Step	Hyp	Ref	Expression
1		eqeq1 2740	. . . . . . . . . 10 ⊢ (𝑧 = 𝑥 → (𝑧 = 𝐴 ↔ 𝑥 = 𝐴))
2	1	anbi2d 629	. . . . . . . . 9 ⊢ (𝑧 = 𝑥 → ((𝜑 ∧ 𝑧 = 𝐴) ↔ (𝜑 ∧ 𝑥 = 𝐴)))
3	2	exbidv 1924	. . . . . . . 8 ⊢ (𝑧 = 𝑥 → (∃𝑦(𝜑 ∧ 𝑧 = 𝐴) ↔ ∃𝑦(𝜑 ∧ 𝑥 = 𝐴)))

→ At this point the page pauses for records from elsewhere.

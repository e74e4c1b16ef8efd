ghost use Rattle.std.specs.Prelude.{◌≡◌, ◌+◌, ◌^◌, ◌<◌, ◌≤◌};
ghost use Rattle.std.specs.Bool.{OnTrue, OnFalse};
ghost use Rattle.iom_bits.specs.Features.{no_features, vectors_of};
ghost use Rattle.iom_regs.specs.Table.{has_four, is_legal};

use crate::busy::Busy;
use crate::layout::is_in_table;
use crate::mapped::MappedRegisters;
use crate::vectors::MsiVector;
use crate::views::{CommandErrors, FaultErrors, Mode, Queue, Which};
use iom_bits::{Features, field};
use std::marker::Model;

/// The IOMMU's register file (RISC-V IOMMU Architecture 1.0, "Memory-mapped register interface"). In every state an enabled
/// interrupt is pending while one of its causes is set.
#[derive(Clone, Copy)]
pub struct Regs {
    pub(crate) mapped: MappedRegisters,
}

impl Model for Regs {
    ghost use Rattle.std.specs.Prelude.{◌≡◌};
    ghost use Rattle.iom_regs.specs.Table.{Registers, with_pending};

    ghost Value = { Registers };

    ghost view = { λ r. r.mapped };

    ghost inverse = { λ r. record { mapped = r } };

    ghost invariant = { λ r. with_pending r.mapped ≡ r.mapped };
}

impl Regs {
    ghost use Rattle.iom_regs.specs.Table.{reset, read, slot_at, after_write, is_busy, is_slow, with_pending, IsOneRegister};
    ghost use Rattle.iom_regs.specs.Busy.{is_busy_at, settled};
    ghost use Rattle.iom_regs.specs.Controls.{IsCqcsr, IsFqcsr};
    ghost use Rattle.iom_regs.specs.Queues.{command_passed, with_cqmf, with_cmd_ill, with_fence, record_passed, with_fqof, with_fqmf};
    ghost use Rattle.iom_regs.specs.Sound.{IsSound};
    ghost use Rattle.iom_regs.specs.Interrupts.{freed, is_high, is_wired, owing, pending_left, vector_in, vector_of};
    ghost use Rattle.iom_regs.specs.Offers.{vector_count};
    ghost use Rattle.std.specs.Prelude.{false, true};
    ghost use Rattle.iom_regs.specs.Views.{command_errors_of, fault_errors_of, mode_of, root_of, queue_of};

    /// The registers of an IOMMU without any of the features that `Features` names, at reset: ddtp's mode is Off, and both queues
    /// are off. Every register that can change is 0.
    pub fn reset() -> Self
        ensures { result ≡ reset no_features }
    {
        Regs::with_features(Features::none())
    }

    /// The registers of an IOMMU with these features, at reset.
    pub fn with_features(features: Features) -> Self
        ensures { result ≡ reset features }
    {
        Regs {
            mapped: MappedRegisters::reset(features),
        }
    }

    /// The features of the IOMMU, as the registers were made; nothing changes them.
    pub fn features(&self) -> Features
        ensures { result ≡ self.now.features }
    {
        self.mapped.features()
    }

    /// Reads `size` bytes at offset `off`, in bytes from the first register, as a number, the lowest byte first; None if the
    /// access isn't legal.
    ///
    /// An access is legal if `size` is 4 or 8, `off` is a multiple of `size`, and its last byte is below 4096; but eight bytes
    /// aren't legal at 8, 32, 48, 72 and 80, which have registers of four bytes, nor, where interrupts may be messages, at those of the
    /// table of vectors, 776 and each 16 bytes further up to 1016. A place with no register of this model reads 0 ("Memory-mapped register
    /// interface").
    pub fn read(&self, off: u64, size: u64) -> Option<u64>
        ensures { result ≡ read self.now off size }
    {
        if !is_legal(&self.mapped, off, size) {
            return None;
        }
        let wide = self.mapped.wide(off / 8 * 8);
        Some(if size == 8 {
            wide
        } else {
            field(wide, (off % 8 * 8) as u32, 32)
        })
    }

    /// Writes the `size` bytes of `value` at offset `off`. Returns whether the access is legal, by the rule of `read`; if it isn't,
    /// nothing is changed. With size 4, `value` is below 2^32.
    ///
    /// Reserved bits stay 0, and read-only registers and places with no register stay as they are. ddtp doesn't take a mode above
    /// 4; cqb and fqb change only while their queue is off and not busy; cqt and fqh are taken modulo the queue's entries; icvec takes a
    /// vector modulo the number of vectors; a written 1 clears a flag of cqcsr, fqcsr or ipsr; fctl takes WSI if IGS is 2, while ddtp's mode
    /// is Off and nothing is busy, on or enabled. Then the rule of pending interrupts is applied.
    ///
    /// Without the feature delays a write acts at once, and no register is ever busy. With it a write of ddtp, cqcsr or fqcsr sets that
    /// register's busy (bit 4 of ddtp, bit 17 of the others), and until `settle` requests go by the ddtp from before, and the queue
    /// stays on or off as it was. While a register is busy, writes of it are ignored, and those of its queue's base too. A write of the
    /// high half of ddtp alone doesn't set busy: it acts when a later write of the low half settles.
    pub fn write(&mut self, off: u64, size: u64, value: u64) -> bool
        requires { size ≡ 4 → value < 2 ^ 32 }
        ensures legal { result ≡ is_legal self.old.features off size }
        ensures written { OnTrue result (self.new ≡ after_write self.old off size value) }
        ensures refused { OnFalse result (self.new ≡ self.old) }
        ensures features { self.new.features ≡ self.old.features }

        // Eight bytes are one register or nothing; the control and status registers bit by bit.
        ensures one_register { OnTrue result
            (size ≡ 8 → IsOneRegister (slot_at self.old.features off) (slot_at self.old.features (off + 4))) }
        ensures cqcsr { OnTrue result (off ≡ 72 → is_busy self.old.cqcsr ≡ false →
            IsCqcsr (is_slow self.old) self.old.cqcsr value self.new.cqcsr) }
        ensures fqcsr { OnTrue result (off ≡ 76 → is_busy self.old.fqcsr ≡ false →
            IsFqcsr (is_slow self.old) self.old.fqcsr value self.new.fqcsr) }
        ensures busy { OnTrue result (off ≡ 72 → is_busy self.old.cqcsr ≡ true → self.new.cqcsr ≡ self.old.cqcsr) }
        ensures busy_faults { OnTrue result (off ≡ 76 → is_busy self.old.fqcsr ≡ true → self.new.fqcsr ≡ self.old.fqcsr) }
    {
        if !is_legal(&self.mapped, off, size) {
            return false;
        }
        if size == 8 {
            self.mapped.set_wide(off, value);
        } else {
            self.mapped.set_four(off, value);
        }
        self.mapped.settle();
        true
    }

    /// Ends the write that keeps a register busy, so that it acts: requests go by the new ddtp, or the queue is on if it is enabled. Returns
    /// whether it was busy; if it wasn't, nothing is changed ("Device-directory-table pointer (ddtp)", "Command-queue CSR (cqcsr)",
    /// "Fault queue CSR (fqcsr)").
    pub fn settle(&mut self, register: Busy) -> bool
        ensures busy { result ≡ is_busy_at self.old register }
        ensures settled { OnTrue result (self.new ≡ settled register self.old) }
        ensures idle { OnFalse result (self.new ≡ self.old) }
        ensures features { self.new.features ≡ self.old.features }
    {
        self.mapped.finish(register)
    }

    /// The mode in which devices reach memory, the iommu_mode of the ddtp that acts ("Device-directory-table pointer (ddtp)").
    pub fn mode(&self) -> Mode
        ensures mode { result ≡ mode_of self.now }
        ensures sound { IsSound self.now }
        ensures settled { with_pending self.now ≡ self.now }
    {
        self.mapped.mode()
    }

    /// The PPN of the device directory's root, 44 bits: its physical address divided by 4096. It is the PPN of the
    /// ddtp that acts.
    pub fn root(&self) -> u64
        ensures root { result ≡ root_of self.now }
        ensures sound { IsSound self.now }
        ensures settled { with_pending self.now ≡ self.now }
    {
        self.mapped.root()
    }

    /// One of the two queues, by its registers: its base, its size, its head and tail, and whether it is on ("In-memory queue
    /// interface").
    pub fn queue(&self, which: Which) -> Queue
        ensures queue { result ≡ queue_of self.now which }
        ensures entries { result.entries ≤ 2 ^ 32 }
        ensures head { result.head < result.entries }
        ensures tail { result.tail < result.entries }
        ensures sound { IsSound self.now }
        ensures settled { with_pending self.now ≡ self.now }
    {
        self.mapped.queue(which)
    }

    /// Whether the interrupt line of a vector is high: interrupts go by wire, and the command queue's interrupt is pending (cip) and civ is
    /// that vector, or the fault queue's is pending (fip) and fiv is that vector ("Interrupt-cause-to-vector register"). A line that doesn't
    /// exist is low.
    #[tactic(auto, using(crate::proofs::Lines::low_beyond))]
    pub fn is_high(&self, vector: u64) -> bool
        ensures value { result ≡ is_high self.now vector }
        ensures there { vector_count (vectors_of self.now.features) ≤ vector → result ≡ false }
    {
        self.mapped.is_high(vector)
    }

    /// Whether interrupts go by wire, by WSI of fctl; else they are messages ("Features-control register (fctl)").
    pub fn is_wired(&self) -> bool
        ensures { result ≡ is_wired self.now }
    {
        self.mapped.is_wired()
    }

    /// The pending interrupts, ipsr: bit 0 is cip, the command queue's, and bit 1 fip, the fault queue's ("Interrupt pending status register
    /// (ipsr)").
    pub fn pending(&self) -> u64
        ensures { result ≡ self.now.ipsr }
    {
        self.mapped.pending()
    }

    /// What a write of `size` bytes of `value` at offset `off` leaves of the pending interrupts, before the rule of pending interrupts: a write
    /// of ipsr clears those at which it has a 1.
    pub fn pending_left(&self, off: u64, size: u64, value: u64) -> u64
        ensures { result ≡ pending_left self.now off size value }
    {
        self.mapped.pending_left(off, size, value)
    }

    /// The vector of a queue's interrupt: civ or fiv ("Interrupt-cause-to-vector register (icvec)").
    pub fn vector_of(&self, which: Which) -> u64
        ensures { result ≡ vector_of self.now which }
    {
        self.mapped.vector_of(which)
    }

    /// Vector `x` of interrupts by message; None if there is none of this number ("MSI configuration table (msi_cfg_tbl)").
    pub fn vector(&self, x: u64) -> Option<MsiVector>
        ensures { result ≡ vector_in self.now x }
    {
        self.mapped.vector_in(x)
    }

    /// The vector whose owed message a write of `size` bytes of `value` at offset `off` lets go: it clears M of
    /// msi_vec_ctl ("MSI vector control register (msi_vec_ctl)").
    pub fn freed(&self, off: u64, size: u64, value: u64) -> Option<u64>
        ensures { result ≡ freed self.now off size value }
    {
        self.mapped.freed(off, size, value)
    }

    /// Notes that vector `x` owes the message of an interrupt, since it is masked. One that isn't there owes none.
    pub fn owe(&mut self, x: u64)
        ensures { self.new ≡ owing x self.old }
    {
        self.mapped.owe(x);
    }

    /// The errors that stop the command queue: two bits of cqcsr ("Command-queue CSR (cqcsr)").
    pub fn command_errors(&self) -> CommandErrors
        ensures errors { result ≡ command_errors_of self.now }
        ensures settled { with_pending self.now ≡ self.now }
    {
        self.mapped.command_errors()
    }

    /// The errors that stop the fault queue: two bits of fqcsr ("Fault queue CSR (fqcsr)").
    pub fn fault_errors(&self) -> FaultErrors
        ensures errors { result ≡ fault_errors_of self.now }
        ensures settled { with_pending self.now ≡ self.now }
    {
        self.mapped.fault_errors()
    }

    /// Ends the command at the head: advances cqh by one entry, from the last to the first.
    pub fn pass_command(&mut self)
        ensures { self.new ≡ command_passed self.old }
    {
        self.mapped.pass_command();
        self.mapped.settle();
    }

    /// Sets cqmf: the command queue couldn't be read, or a fence couldn't store ("Command-queue CSR (cqcsr)").
    pub fn set_cqmf(&mut self)
        ensures { self.new ≡ with_cqmf self.old }
    {
        self.mapped.raise_cqmf();
        self.mapped.settle();
    }

    /// Sets cmd_ill: the command at the head is illegal ("Command-queue CSR (cqcsr)").
    pub fn set_cmd_ill(&mut self)
        ensures { self.new ≡ with_cmd_ill self.old }
    {
        self.mapped.raise_cmd_ill();
        self.mapped.settle();
    }

    /// Sets fence_w_ip: a fence asks for an interrupt ("Command-queue CSR (cqcsr)").
    pub fn set_fence(&mut self)
        ensures { self.new ≡ with_fence self.old }
    {
        self.mapped.raise_fence();
        self.mapped.settle();
    }

    /// Counts a stored fault record: advances fqt by one entry, from the last to the first, and sets fip if fie is set.
    pub fn pass_record(&mut self)
        ensures { self.new ≡ record_passed self.old }
    {
        self.mapped.pass_record();
        self.mapped.settle();
    }

    /// Sets fqof: a record met a full fault queue ("Fault queue CSR (fqcsr)").
    pub fn set_fqof(&mut self)
        ensures { self.new ≡ with_fqof self.old }
    {
        self.mapped.raise_fqof();
        self.mapped.settle();
    }

    /// Sets fqmf: the fault queue couldn't be written ("Fault queue CSR (fqcsr)").
    pub fn set_fqmf(&mut self)
        ensures { self.new ≡ with_fqmf self.old }
    {
        self.mapped.raise_fqmf();
        self.mapped.settle();
    }
}

// Whether an access of `size` bytes at offset `off` is legal. Eight bytes aren't, if a register of four is among them.
fn is_legal(registers: &MappedRegisters, off: u64, size: u64) -> bool
    ensures { result ≡ is_legal registers.now.features off size }
{
    (size == 4 || size == 8)
        && off % size == 0
        && off <= 4096 - size
        && !(size == 8 && has_four(registers.features(), off))
}

// Whether eight bytes at offset `off` have a register of four among them.
fn has_four(features: Features, off: u64) -> bool
    ensures { result ≡ has_four features off }
{
    matches!(off, 8 | 32 | 48 | 72 | 80) || is_in_table(features, off) && off % 16 == 8
}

4	3	cbvabv 2809	. . . . . . 7 ⊢ {𝑧 ∣ ∃𝑦(𝜑 ∧ 𝑧 = 𝐴)} = {𝑥 ∣ ∃𝑦(𝜑 ∧ 𝑥 = 𝐴)}
5		intab.2	. . . . . . 7 ⊢ {𝑥 ∣ ∃𝑦(𝜑 ∧ 𝑥 = 𝐴)} ∈ V
6	4, 5	eqeltri 2834	. . . . . 6 ⊢ {𝑧 ∣ ∃𝑦(𝜑 ∧ 𝑧 = 𝐴)} ∈ V
7		nfe1 2147	. . . . . . . . 9 ⊢ Ⅎ𝑦∃𝑦(𝜑 ∧ 𝑧 = 𝐴)
8	7	nfab 2913	. . . . . . . 8 ⊢ Ⅎ𝑦{𝑧 ∣ ∃𝑦(𝜑 ∧ 𝑧 = 𝐴)}
9	8	nfeq2 2924	. . . . . . 7 ⊢ Ⅎ𝑦 𝑥 = {𝑧 ∣ ∃𝑦(𝜑 ∧ 𝑧 = 𝐴)}
10		eleq2 2826	. . . . . . . 8 ⊢ (𝑥 = {𝑧 ∣ ∃𝑦(𝜑 ∧ 𝑧 = 𝐴)} → (𝐴 ∈ 𝑥 ↔ 𝐴 ∈ {𝑧 ∣ ∃𝑦(𝜑 ∧ 𝑧 = 𝐴)}))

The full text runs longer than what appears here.